Встройка ванной, конечно, отъела кусок у спальни, теперь туда помещались только узенькая тахта да шкаф, стоявшие почти вплотную, дверцы шкафа даже не открывались полностью. С тех пор как Ц. стал манкировать совместным спаньем на тахте, он ложился только после ухода Моны. Конечно, мог бы поспать и на диване в гостиной, но тогда Мона разгадала бы уклонительскую тактику; лучше, если, вставая с утра, она застает его за работой… или, по крайней мере, в позе человека, который работает.

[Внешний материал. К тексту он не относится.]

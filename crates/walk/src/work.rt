// The work of one walk, in slices that its caller lends.
ghost use Rattle.std.specs.Prelude.{◌≡◌, ℕ, ◌+◌, ◌<◌, ◌≤◌, ◌↔◌, true, false, length, slice_index, slice_index_or, slice_set, IsTrue, IsOk, MatchOption, MatchResult};
ghost use Rattle.walk.specs.Walking.{Room, Reached, Spread, Loaded, Walked, enough};
ghost use Rattle.walk.specs.Lent.{work_of, Kept};

use crate::has;
use plan::{Plan, TooShort};

// A walk on its way: the plan; the states that were reached; those that were ever put into the queue; and the queue, of which
// the first `len` places are in use. The states at its first `done` places were given out to be expanded. By a rule of the
// project nothing allocates here, so the queue is a slice with its length beside it. That a method leaves the plan and the
// slices as they are (`Kept`) speaks of an old and a new work, so it is no fact of this type.
#[derive(Drop)]
struct Traversal<'a, P> {
    plan: &'a P,
    reached: &'a mut [bool],
    queued: &'a mut [bool],
    queue: &'a mut [usize],
    len: usize,
    done: usize,
}

impl<'a, P: Plan> Traversal<'a, P> {
    // Puts a state into the queue.
    fn enqueue(&mut self, state: usize)
        requires in_queued { state < length self.old.queued.now }
        requires in_queue { self.old.len < length self.old.queue.now }
        ensures kept { Kept self.old self.new }
        ensures reached { self.new.reached.now ≡ self.old.reached.now }
        ensures queued { self.new.queued.now ≡ slice_set self.old.queued.now state true }
        ensures queue { self.new.queue.now ≡ slice_set self.old.queue.now self.old.len state }
        ensures len { self.new.len ≡ self.old.len + 1 }
    {
        self.queued[state] = true;
        self.queue[self.len] = state;
        self.len += 1;
    }

    // Puts the first states into the queue, which is empty.
    fn load(&mut self, first: &[bool])
        requires queued_long { (P.meaning self.old.plan.now).states ≤ length self.old.queued.now }
        requires queue_long { (P.meaning self.old.plan.now).states ≤ length self.old.queue.now }
        requires none_queued { (k : ℕ) → slice_index_or self.old.queued.now k false ≡ false }
        requires empty { self.old.len ≡ 0 }
        ensures kept { Kept self.old self.new }
        ensures reached { self.new.reached.now ≡ self.old.reached.now }
        ensures loaded { Loaded (P.meaning self.old.plan.now).states first.now self.new.queued.now self.new.queue.now self.new.len (P.meaning self.old.plan.now).states }
    {
        for state in 0..self.plan.states() {
            if has(first, state) {
                self.enqueue(state);
            }
        }
    }

    // Marks the state that a step leads to as reached, and puts it into the queue if it is unmarked and was never there.
    fn reach(&mut self, target: usize)
        requires room { Room (P.meaning self.old.plan.now).states (work_of self.old) }
        requires inside { target < (P.meaning self.old.plan.now).states }
        ensures kept { Kept self.old self.new }
        ensures reached { Reached (P.meaning self.old.plan.now) target (work_of self.old) (work_of self.new) }
    {
        self.reached[target] = true;
        if !self.plan.marked(target) && !self.queued[target] {
            self.enqueue(target);
        }
    }

    // Reaches every state that a state steps to.
    fn expand(&mut self, state: usize)
        requires { Room (P.meaning self.old.plan.now).states (work_of self.old) }
        ensures kept { Kept self.old self.new }
        ensures spread { Spread (P.meaning self.old.plan.now) state (length ((P.meaning self.old.plan.now).steps state)) (work_of self.old) (work_of self.new) }
    {
        let plan = self.plan;
        for i in 0..plan.step_count(state) {
            self.reach(plan.step(state, i));
        }
    }

    // Gives out the next of the states that wait to be expanded.
    fn next_waiting(&mut self) -> Option<usize>
        requires { self.old.len ≤ length self.old.queue.now }
        ensures { MatchOption result ((self.new ≡ self.old) × (self.old.len ≤ self.old.done)) (λ state. (self.new ≡ record self.old { done = self.old.done + 1 }) × (self.old.done < self.old.len) × (state ≡ slice_index self.old.queue.now self.old.done)) }
    {
        if self.done >= self.len {
            return None;
        }
        let state = self.queue[self.done];
        self.done += 1;
        Some(state)
    }
}

// Walks from the first states, a set that is kept as a slice of yes and no, and marks exactly the states that they lead
// to: by one or more steps, with only unmarked states between. The other two slices are work space. Refused, and nothing
// touched, where one of the three is shorter than the plan has states. The three stay parameters: that a walk works in
// slices which its caller lends from locals of its own is a form that the users of this project ask for.
pub fn walk<P: Plan>(
    plan: &P,
    first: &[bool],
    reached: &mut [bool],
    queued: &mut [bool],
    queue: &mut [usize],
) -> Result<(), TooShort>
    ensures room { IsOk result ↔ IsTrue (enough (P.meaning plan.now).states (length reached.old) (length queued.old) (length queue.old)) }
    ensures came { MatchResult result (λ _. Walked (P.meaning plan.now) first.now reached.new) (λ short. (short.needed ≡ (P.meaning plan.now).states) × (reached.new ≡ reached.old) × (queued.new ≡ queued.old) × (queue.new ≡ queue.old)) }
{
    let states = plan.states();
    if reached.len() < states || queued.len() < states || queue.len() < states {
        return Err(TooShort { needed: states });
    }
    reached.fill(false);
    queued.fill(false);
    let mut work = Traversal {
        plan,
        reached,
        queued,
        queue,
        len: 0,
        done: 0,
    };
    work.load(first);
    while let Some(state) = work.next_waiting() {
        work.expand(state);
    }
    Ok(())
}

Проходя мимо кухни, он отхлебывал виски, потом снова садился за машинку. Есть вероятность, выстукивал он, даже почти уже наверняка известно, что в ближайшее время его надолго выпустят в ФРГ, он уже не первую неделю ждет разрешения. Как только определится его западный адрес, он снова даст о себе знать. А вдруг судьба занесет его в Нюрнберг…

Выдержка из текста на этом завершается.